- **WORK INSTRUCTIONS**
Find the line with "match do_line(alloc, store, opened, files, out, i" in the records below. Copy it and every line after it, up to and including the line with "result (Says (ended_reply".

- **Saved entries**
..............................

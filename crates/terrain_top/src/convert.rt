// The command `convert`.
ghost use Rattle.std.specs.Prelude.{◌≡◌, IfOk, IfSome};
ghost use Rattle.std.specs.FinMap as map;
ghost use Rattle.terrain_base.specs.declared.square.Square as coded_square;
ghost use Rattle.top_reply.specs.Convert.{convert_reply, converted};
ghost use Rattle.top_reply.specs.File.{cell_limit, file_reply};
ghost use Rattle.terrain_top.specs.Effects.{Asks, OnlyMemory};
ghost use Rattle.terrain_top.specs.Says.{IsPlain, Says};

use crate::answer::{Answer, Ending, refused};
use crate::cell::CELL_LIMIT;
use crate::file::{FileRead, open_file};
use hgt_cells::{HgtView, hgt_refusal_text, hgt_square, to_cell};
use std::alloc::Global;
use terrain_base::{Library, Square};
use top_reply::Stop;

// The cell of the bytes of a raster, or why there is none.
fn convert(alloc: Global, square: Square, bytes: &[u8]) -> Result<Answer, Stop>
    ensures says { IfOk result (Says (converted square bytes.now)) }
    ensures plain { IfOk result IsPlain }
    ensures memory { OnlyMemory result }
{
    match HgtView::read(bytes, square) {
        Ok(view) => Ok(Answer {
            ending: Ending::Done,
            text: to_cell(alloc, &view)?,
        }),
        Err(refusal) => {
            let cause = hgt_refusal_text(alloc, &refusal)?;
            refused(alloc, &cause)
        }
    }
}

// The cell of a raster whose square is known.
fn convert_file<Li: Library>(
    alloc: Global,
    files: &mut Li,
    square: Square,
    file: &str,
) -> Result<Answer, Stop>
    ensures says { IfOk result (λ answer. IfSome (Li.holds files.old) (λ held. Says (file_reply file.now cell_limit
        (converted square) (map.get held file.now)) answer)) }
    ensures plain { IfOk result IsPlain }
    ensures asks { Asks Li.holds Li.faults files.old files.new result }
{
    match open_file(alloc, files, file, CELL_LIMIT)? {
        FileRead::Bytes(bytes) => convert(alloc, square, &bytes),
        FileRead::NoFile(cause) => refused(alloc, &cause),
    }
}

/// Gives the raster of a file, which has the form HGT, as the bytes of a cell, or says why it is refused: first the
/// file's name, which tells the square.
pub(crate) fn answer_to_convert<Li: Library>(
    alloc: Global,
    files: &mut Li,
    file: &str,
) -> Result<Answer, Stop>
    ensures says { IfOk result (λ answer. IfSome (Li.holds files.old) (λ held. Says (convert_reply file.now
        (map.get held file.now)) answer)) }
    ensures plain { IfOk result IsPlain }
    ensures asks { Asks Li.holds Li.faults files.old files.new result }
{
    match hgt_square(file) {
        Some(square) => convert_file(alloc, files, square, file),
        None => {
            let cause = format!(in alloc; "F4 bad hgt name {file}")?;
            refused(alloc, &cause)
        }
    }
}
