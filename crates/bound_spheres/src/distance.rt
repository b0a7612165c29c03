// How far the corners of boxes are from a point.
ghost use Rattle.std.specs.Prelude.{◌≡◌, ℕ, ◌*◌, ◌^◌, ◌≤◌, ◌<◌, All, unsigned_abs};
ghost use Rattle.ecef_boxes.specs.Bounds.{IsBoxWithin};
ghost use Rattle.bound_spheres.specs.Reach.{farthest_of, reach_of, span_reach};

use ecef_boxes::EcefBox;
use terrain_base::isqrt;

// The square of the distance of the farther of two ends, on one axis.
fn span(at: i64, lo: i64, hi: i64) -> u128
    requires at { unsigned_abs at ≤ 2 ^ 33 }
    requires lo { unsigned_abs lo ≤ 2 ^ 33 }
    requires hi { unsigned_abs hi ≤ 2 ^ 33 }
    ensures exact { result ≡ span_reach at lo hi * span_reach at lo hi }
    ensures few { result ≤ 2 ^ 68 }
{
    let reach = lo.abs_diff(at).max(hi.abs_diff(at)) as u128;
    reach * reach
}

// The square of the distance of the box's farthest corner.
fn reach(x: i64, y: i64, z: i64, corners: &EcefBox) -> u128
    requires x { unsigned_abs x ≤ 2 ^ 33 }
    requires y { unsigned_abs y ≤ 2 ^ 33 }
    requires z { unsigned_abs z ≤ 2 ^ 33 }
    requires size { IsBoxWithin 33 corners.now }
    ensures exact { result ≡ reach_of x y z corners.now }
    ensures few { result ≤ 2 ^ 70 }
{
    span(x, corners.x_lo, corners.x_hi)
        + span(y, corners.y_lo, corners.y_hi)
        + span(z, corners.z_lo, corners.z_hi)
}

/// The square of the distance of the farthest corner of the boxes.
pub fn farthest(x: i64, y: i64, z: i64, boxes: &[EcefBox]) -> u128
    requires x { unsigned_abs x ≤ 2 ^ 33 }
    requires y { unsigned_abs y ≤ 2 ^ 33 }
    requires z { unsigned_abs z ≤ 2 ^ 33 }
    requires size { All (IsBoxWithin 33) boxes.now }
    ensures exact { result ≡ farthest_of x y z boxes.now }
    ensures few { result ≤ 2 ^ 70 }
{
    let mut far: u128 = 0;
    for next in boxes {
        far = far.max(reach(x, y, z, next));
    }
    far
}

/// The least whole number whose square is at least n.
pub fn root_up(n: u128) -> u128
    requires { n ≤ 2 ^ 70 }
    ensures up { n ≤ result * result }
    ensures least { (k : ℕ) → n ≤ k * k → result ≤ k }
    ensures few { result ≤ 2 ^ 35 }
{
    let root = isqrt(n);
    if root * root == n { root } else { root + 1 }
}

..............................

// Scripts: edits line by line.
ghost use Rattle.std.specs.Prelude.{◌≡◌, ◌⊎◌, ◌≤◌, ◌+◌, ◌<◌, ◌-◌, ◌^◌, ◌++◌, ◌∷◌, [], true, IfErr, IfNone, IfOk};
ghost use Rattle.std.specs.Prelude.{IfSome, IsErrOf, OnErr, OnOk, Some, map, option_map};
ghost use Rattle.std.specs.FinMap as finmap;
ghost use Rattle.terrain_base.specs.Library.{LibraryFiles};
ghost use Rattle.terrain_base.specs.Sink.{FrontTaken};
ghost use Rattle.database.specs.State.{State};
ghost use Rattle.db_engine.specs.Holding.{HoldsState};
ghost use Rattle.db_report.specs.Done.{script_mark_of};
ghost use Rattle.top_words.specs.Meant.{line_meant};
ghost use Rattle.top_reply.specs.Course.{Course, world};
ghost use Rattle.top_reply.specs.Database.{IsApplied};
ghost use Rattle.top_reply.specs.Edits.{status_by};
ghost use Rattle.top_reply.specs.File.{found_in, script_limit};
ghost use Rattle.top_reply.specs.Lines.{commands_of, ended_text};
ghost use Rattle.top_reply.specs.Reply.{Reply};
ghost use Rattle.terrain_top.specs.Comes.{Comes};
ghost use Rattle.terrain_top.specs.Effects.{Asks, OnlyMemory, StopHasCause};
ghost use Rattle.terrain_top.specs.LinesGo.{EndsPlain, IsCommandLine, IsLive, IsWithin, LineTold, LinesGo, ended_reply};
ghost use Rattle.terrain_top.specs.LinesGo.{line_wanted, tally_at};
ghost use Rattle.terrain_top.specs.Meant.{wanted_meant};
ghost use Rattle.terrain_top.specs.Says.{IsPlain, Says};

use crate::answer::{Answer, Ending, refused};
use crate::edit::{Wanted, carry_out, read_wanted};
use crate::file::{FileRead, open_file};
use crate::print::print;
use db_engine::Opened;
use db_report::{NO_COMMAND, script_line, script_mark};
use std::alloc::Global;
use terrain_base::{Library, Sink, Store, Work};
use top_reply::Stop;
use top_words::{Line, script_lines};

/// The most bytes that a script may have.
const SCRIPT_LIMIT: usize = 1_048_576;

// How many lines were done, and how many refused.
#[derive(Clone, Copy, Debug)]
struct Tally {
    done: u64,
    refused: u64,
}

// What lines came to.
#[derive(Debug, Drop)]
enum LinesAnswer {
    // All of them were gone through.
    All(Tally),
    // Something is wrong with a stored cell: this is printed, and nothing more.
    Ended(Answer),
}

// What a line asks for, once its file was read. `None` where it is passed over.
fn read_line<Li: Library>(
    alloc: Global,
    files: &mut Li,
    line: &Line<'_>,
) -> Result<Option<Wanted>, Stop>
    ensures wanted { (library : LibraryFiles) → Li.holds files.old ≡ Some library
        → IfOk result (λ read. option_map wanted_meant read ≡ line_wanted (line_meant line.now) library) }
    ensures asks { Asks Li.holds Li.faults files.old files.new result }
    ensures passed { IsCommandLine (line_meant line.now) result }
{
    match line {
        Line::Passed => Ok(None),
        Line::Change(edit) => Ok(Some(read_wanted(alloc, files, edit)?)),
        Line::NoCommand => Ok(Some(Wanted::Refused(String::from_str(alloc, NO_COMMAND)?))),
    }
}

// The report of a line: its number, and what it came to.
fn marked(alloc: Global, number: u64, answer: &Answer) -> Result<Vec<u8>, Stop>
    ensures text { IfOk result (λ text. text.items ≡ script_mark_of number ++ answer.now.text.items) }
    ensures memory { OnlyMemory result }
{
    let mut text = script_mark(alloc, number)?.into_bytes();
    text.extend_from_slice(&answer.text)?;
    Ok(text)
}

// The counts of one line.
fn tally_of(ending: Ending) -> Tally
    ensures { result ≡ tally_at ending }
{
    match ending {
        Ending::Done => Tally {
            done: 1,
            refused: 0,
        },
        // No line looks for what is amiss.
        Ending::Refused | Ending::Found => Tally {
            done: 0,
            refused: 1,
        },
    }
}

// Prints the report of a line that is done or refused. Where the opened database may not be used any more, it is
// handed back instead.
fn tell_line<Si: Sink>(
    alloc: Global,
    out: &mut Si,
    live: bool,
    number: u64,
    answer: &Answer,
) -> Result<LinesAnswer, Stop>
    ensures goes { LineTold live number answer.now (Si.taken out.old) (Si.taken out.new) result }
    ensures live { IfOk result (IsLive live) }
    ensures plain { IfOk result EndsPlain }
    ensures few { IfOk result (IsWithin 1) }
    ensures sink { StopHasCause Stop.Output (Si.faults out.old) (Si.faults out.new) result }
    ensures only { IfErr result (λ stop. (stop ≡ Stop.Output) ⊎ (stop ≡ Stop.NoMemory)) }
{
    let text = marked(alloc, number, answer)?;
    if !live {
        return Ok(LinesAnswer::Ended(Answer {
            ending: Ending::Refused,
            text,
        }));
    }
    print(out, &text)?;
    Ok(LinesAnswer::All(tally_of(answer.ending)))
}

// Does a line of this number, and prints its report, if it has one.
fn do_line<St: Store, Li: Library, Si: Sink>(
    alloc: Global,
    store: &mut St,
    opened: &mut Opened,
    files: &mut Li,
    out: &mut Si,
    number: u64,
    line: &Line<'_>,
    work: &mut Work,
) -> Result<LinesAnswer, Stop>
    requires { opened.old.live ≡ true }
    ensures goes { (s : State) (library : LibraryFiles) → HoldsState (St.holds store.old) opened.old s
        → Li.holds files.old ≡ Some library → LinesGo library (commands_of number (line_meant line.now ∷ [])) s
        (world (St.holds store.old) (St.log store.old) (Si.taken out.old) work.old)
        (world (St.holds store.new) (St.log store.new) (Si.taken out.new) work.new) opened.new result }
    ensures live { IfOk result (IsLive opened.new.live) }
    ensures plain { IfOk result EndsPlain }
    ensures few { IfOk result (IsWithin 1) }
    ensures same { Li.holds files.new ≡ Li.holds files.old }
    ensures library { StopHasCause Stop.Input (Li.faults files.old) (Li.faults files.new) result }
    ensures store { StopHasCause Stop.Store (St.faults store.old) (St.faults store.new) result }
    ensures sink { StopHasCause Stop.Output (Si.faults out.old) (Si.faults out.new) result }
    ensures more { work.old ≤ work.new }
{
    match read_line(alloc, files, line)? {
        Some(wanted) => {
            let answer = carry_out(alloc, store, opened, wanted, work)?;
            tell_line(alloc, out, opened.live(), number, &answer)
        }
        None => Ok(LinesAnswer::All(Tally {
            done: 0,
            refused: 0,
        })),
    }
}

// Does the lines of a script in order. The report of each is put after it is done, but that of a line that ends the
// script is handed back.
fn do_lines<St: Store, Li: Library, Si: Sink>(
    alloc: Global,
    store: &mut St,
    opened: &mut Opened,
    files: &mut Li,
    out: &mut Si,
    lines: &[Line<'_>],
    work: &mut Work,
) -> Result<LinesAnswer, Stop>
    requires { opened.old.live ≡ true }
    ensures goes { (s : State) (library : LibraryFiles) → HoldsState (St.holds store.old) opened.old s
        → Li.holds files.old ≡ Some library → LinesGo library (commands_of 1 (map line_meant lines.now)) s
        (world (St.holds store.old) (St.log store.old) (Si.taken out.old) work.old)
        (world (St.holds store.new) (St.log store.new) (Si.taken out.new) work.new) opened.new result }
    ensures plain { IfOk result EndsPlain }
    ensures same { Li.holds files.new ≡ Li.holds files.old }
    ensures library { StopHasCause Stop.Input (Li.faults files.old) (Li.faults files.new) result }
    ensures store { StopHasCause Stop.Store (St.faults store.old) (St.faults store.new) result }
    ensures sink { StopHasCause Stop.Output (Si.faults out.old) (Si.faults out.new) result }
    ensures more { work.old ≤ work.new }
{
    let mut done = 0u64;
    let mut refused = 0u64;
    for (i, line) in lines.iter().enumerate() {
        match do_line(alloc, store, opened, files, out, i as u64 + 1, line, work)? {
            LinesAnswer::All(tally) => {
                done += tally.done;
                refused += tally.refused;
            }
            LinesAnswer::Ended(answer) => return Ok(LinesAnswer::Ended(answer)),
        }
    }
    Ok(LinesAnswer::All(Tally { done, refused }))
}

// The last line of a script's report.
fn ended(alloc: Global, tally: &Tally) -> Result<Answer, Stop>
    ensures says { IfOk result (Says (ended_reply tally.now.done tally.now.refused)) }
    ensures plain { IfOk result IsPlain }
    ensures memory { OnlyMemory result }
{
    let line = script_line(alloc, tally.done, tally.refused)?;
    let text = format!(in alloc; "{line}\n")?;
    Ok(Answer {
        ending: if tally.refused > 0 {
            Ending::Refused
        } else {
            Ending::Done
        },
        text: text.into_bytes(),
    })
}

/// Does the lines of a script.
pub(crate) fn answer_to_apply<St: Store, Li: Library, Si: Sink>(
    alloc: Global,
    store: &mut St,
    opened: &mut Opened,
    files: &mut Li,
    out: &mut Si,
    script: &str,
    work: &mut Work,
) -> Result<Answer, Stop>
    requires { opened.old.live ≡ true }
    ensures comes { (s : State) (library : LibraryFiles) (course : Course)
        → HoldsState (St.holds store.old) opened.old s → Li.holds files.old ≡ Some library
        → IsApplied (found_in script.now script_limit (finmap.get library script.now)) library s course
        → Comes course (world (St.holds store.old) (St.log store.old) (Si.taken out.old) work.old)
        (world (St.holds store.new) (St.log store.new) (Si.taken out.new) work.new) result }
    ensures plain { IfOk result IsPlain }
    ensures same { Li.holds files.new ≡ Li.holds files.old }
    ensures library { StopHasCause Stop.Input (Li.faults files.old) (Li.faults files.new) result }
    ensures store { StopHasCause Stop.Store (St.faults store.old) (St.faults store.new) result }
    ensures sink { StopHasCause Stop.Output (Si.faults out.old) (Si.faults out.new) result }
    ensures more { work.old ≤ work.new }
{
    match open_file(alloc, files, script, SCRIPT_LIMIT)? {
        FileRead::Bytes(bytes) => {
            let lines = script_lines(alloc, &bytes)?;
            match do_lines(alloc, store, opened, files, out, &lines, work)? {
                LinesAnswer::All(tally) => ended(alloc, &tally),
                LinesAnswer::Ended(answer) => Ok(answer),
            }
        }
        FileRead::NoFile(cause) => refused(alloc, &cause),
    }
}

..............................

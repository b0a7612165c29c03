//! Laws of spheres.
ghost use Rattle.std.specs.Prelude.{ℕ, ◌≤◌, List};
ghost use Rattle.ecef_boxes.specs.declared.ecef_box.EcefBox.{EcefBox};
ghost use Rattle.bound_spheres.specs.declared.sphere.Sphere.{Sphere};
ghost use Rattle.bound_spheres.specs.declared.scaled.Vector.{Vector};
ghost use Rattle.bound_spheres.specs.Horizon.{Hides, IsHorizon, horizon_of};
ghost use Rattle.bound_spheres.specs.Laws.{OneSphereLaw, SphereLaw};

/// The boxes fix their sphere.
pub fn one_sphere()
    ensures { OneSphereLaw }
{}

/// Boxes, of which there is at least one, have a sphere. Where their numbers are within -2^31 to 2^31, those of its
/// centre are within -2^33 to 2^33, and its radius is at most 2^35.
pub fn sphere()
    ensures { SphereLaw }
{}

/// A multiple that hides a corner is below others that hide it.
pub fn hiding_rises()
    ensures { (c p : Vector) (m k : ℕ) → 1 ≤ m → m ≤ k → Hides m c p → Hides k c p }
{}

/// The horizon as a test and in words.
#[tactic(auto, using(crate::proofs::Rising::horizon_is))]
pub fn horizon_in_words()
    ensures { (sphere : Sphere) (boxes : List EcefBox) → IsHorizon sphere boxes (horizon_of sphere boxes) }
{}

..............................

- **EXERCISE ANSWER**
        match do_line(alloc, store, opened, files, out, i as u64 + 1, line, work)? {
            LinesAnswer::All(tally) => {
                done += tally.done;
                refused += tally.refused;
            }
            LinesAnswer::Ended(answer) => return Ok(LinesAnswer::Ended(answer)),
        }
    }
    Ok(LinesAnswer::All(Tally { done, refused }))
}

// The last line of a script's report.
fn ended(alloc: Global, tally: &Tally) -> Result<Answer, Stop>
    ensures says { IfOk result (Says (ended_reply tally.now.done tally.now.refused)) }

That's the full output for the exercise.